OS Explorer map 324, Liddesdale & Kershope Forest: Newcastleton & Canonbie – I do not own this map, and have never visited it before starting this blog. Visited for this post 2nd January 2018.
Apologies for it having been a while since the last post; I’ve been to about eight map areas since then that I haven’t posted about yet so am rather behind. Term has started now so I won’t be going anywhere new for a while and will endeavour to catch up reasonably quickly, but I imagine that will happen slowly over the next few weeks.
Anyway, this post continues directly on from the last one, with my parents and I in the car on the way to our B&B to stay the night before finishing our journey home from Harris. Our B&B was in Catlowdy and nothing particularly noticeable happened on the way there. Upon arrival we discovered that for some reason the Dearest Progenitors had been given a room that was actually two rooms and so could sleep four, and I a separate double bedroom. There was also a lovely fluffy cat!

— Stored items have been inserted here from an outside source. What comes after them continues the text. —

//! Disjunctions of schemas.
ghost use Rattle.std.specs.Prelude.{◌≡◌, IfErr, IfOk, List, OnOk, map};
ghost use Rattle.zf_calculus.specs.Prelude.{AreFew, Comp, comp_of, IsTooLarge, ResolvedTree, schema_of, set_of, sides_span, too_large, type_of};
ghost use Rattle.zf_term.specs.Shapes as shape;
ghost use Rattle.zf_term.specs.ShapeViews as shape_views;
ghost use Rattle.zf_term.specs.declared.fault.Limit.TheVariants as limit;
ghost use Rattle.zf_calculus.specs.Calculus as spec;
ghost use Rattle.zf_calculus.specs.{Agree, comp_named, disjoined, disjoined_over, either_comp, either_comps, IfStopped, IsNext, new_place, OneClashes, Stops, with_comp, with_comps};

use crate::components::{agree, new_places, place_of};
use crate::growing::{Growing, are_own};
use crate::limits::COMPONENTS_MAX;
use crate::stop::Stop;
use bumpalo::Bump;
use std::alloc::AllocError;
use zf_constraints::constraints;
use zf_data::arena::{Chunked, Items, Lasting, Shared};
use zf_term::{Component, Conjunct, Domain, Flat, Limit, Places, Side, Sides, component_of};

/// The component of a disjunction: its declared sets on either side.
fn either<'a>(
    arena: &'a Bump,
    component: &Component<'a>,
    left: &[Component<'a>],
    right: &[Component<'a>],
) -> Result<Component<'a>, AllocError>
    ensures { IfOk result (λ c. comp_of c ≡ either_comp (map comp_of left.now) (map comp_of right.now) (comp_of component.now)) }
{
    let name = component.name.share();
    let ztype = component.ztype.share()?;
    let left = sets_on(arena, left, component)?;
    let right = sets_on(arena, right, component)?;
    let domains = Chunked::of(arena, Domain::Either(left, right))?;
    let domains = Shared::new(arena, domains)?;
    Ok(Component {
        name,
        ztype,
        domains,
    })
}

/// The declared sets of a component on a side; all values of its type where the side lacks it.
#[tactic(auto, using(zf_term::proofs::SetsSeen::seen))]
fn sets_on<'a>(
    arena: &'a Bump,
    side: &[Component<'a>],
    component: &Component<'a>,
) -> Result<Side<'a>, AllocError>
    ensures { IfOk result (λ ds. map set_of ds ≡ spec.sets_on (comp_named component.now.name (map comp_of side.now)) (type_of component.now.ztype)) }
{
    match component_of(side, component.name.as_slice()) {
        Some((_, found)) => found.domains.get().piece(),
        None => {
            let carrier = Domain::Carrier(component.ztype.share()?);
            Shared::new(arena, Items::of(arena, carrier)?)
        }
    }
}

/// The components of a disjunction: those of the left side, and those of the right side that are new.
fn either_all<'a>(
    arena: &'a Bump,
    left: &[Component<'a>],
    right: &[Component<'a>],
) -> Result<Items<'a, Component<'a>>, Stop<'a>>
    ensures ok { IfOk result (λ cs. map comp_of cs ≡ either_comps (map comp_of left.now) (map comp_of right.now)) }
    ensures err { IfErr result (λ e. IfStopped e (λ o. (o ≡ too_large limit.Components) × (AreFew (with_comps (map comp_of left.now) (map comp_of right.now)) → ⊥))) }
{
    let mut made = either_left(arena, left, right)?;
    for component in right {
        either_more(arena, &mut made, component, left, right)?;
    }
    Ok(made)
}

/// One more component of a disjunction, if none has its name, and if there is room.
fn either_more<'a>(
    arena: &'a Bump,
    made: &mut Items<'a, Component<'a>>,
    component: &Component<'a>,
    left: &[Component<'a>],
    right: &[Component<'a>],
) -> Result<(), Stop<'a>>
    ensures ok { OnOk result ((cs : List Comp) → map comp_of made.old ≡ map (either_comp (map comp_of left.now) (map comp_of right.now)) cs → map comp_of made.new ≡ map (either_comp (map comp_of left.now) (map comp_of right.now)) (with_comp cs (comp_of component.now))) }
    ensures err { IfErr result (λ e. IfStopped e (λ o. (o ≡ too_large limit.Components) × ((cs : List Comp) → map comp_of made.old ≡ map (either_comp (map comp_of left.now) (map comp_of right.now)) cs → AreFew (with_comp cs (comp_of component.now)) → ⊥))) }
{
    match place_of(made.as_slice(), component.name.as_slice()) {
        Some(_) => Ok(()),
        None => {
            if made.len() >= COMPONENTS_MAX {
                return Err(Stop::TooLarge(Limit::Components));
            }
            made.push(either(arena, component, left, right)?)?;
            Ok(())
        }
    }
}

/// The components of a disjunction that the left side has.
fn either_left<'a>(
    arena: &'a Bump,
    left: &[Component<'a>],
    right: &[Component<'a>],
) -> Result<Items<'a, Component<'a>>, AllocError>
    ensures { IfOk result (λ cs. map comp_of cs ≡ map (either_comp (map comp_of left.now) (map comp_of right.now)) (map comp_of left.now)) }
{
    let mut made = Items::with_room(arena, left.len())?;
    for component in left {
        made.push(either(arena, component, left, right)?)?;
    }
    Ok(made)
}

/// Where these components are among the others, if not each at its own place.
fn other_places<'a>(
    arena: &'a Bump,
    components: &[Component<'a>],
    among: &[Component<'a>],
) -> Result<Places<'a>, AllocError>
    ensures { IfOk result (λ places. (t : ResolvedTree) → shape.moved (shape_views.numbering places) t ≡ shape.moved (new_place (map comp_of components.now) (map comp_of among.now)) t) }
{
    let places = new_places(arena, components, among)?;
    if are_own(places.as_slice()) {
        return Ok(None);
    }
    Ok(Some(Lasting::new(arena, places)?))
}

/// The disjunction, which has these components.
fn disjunction<'a>(
    arena: &'a Bump,
    sides: Sides,
    left: &Flat<'a>,
    right: &Flat<'a>,
    components: Items<'a, Component<'a>>,
) -> Result<Flat<'a>, AllocError>
    ensures { IfOk result (λ f. schema_of f ≡ disjoined_over (map comp_of components.entry) (sides_span sides) (schema_of left.now) (schema_of right.now)) }
{
    let places = other_places(arena, right.components.as_slice(), components.as_slice())?;
    let of_left = constraints(arena, left, &None)?;
    let of_right = constraints(arena, right, &places)?;
    let conjuncts = Chunked::of(arena, Conjunct::either(sides, of_left, of_right))?;
    Ok(Flat {
        components,
        conjuncts,
    })
}

/// The disjunction of two schemas, which stand at these places.
pub fn disjoin<'a>(
    arena: &'a Bump,
    sides: Sides,
    left: &Flat<'a>,
    right: &Flat<'a>,
) -> Result<Growing<'a>, Stop<'a>>
    ensures agree { IfOk result (λ g. Agree (schema_of left.now).comps (schema_of right.now).comps) }
    ensures ok { IfOk result (λ g. IsNext (disjoined (sides_span sides) (schema_of left.now) (schema_of right.now)) (schema_of g)) }
    ensures err { IfErr result (λ e. IfStopped e (Stops (OneClashes (schema_of left.now).comps (schema_of right.now).comps) (Agree (schema_of left.now).comps (schema_of right.now).comps) (disjoined (sides_span sides) (schema_of left.now) (schema_of right.now)))) }
{
    agree(left.components.as_slice(), right.components.as_slice())?;
    let components = either_all(
        arena,
        left.components.as_slice(),
        right.components.as_slice(),
    )?;
    within(disjunction(arena, sides, left, right, components)?)
}

/// The schema, if it is within the limits.
fn within<'a>(flat: Flat<'a>) -> Result<Growing<'a>, Stop<'a>>
    ensures ok { IfOk result (λ g. IsNext (schema_of flat.entry) (schema_of g)) }
    ensures err { IfErr result (λ e. IfStopped e (IsTooLarge (schema_of flat.entry))) }
{
    match Growing::of(flat) {
        Ok(growing) => Ok(growing),
        Err(limit) => Err(Stop::TooLarge(limit)),
    }
}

I soon went off to my bedroom and wrote the previous blog post before going to sleep.
The next day, we had one thing to do other than go home – I had not chosen this B&B for nothing,  but rather because it’s close to the Bewcastle Cross, which I wanted to see! After breakfast, as is conventional in a B&B I suppose, we departed and made our way to Bewcastle.
The place doesn’t really seem to be a village so much as about five houses, but in any case, the church and Cross were there, with a little museum as a bonus. The Bewcastle Cross is an 8th- or 9th-century Anglo-Saxon cross (missing the cross bit at the top), and it has a runic inscription on it which is always nice. In this case it isn’t particularly readable, but there was a transcription inside, which I had a bit of a go at deciphering with my half-remembered knowledge from the one Germanic Philology class on runes I did, but gave up on about six words in.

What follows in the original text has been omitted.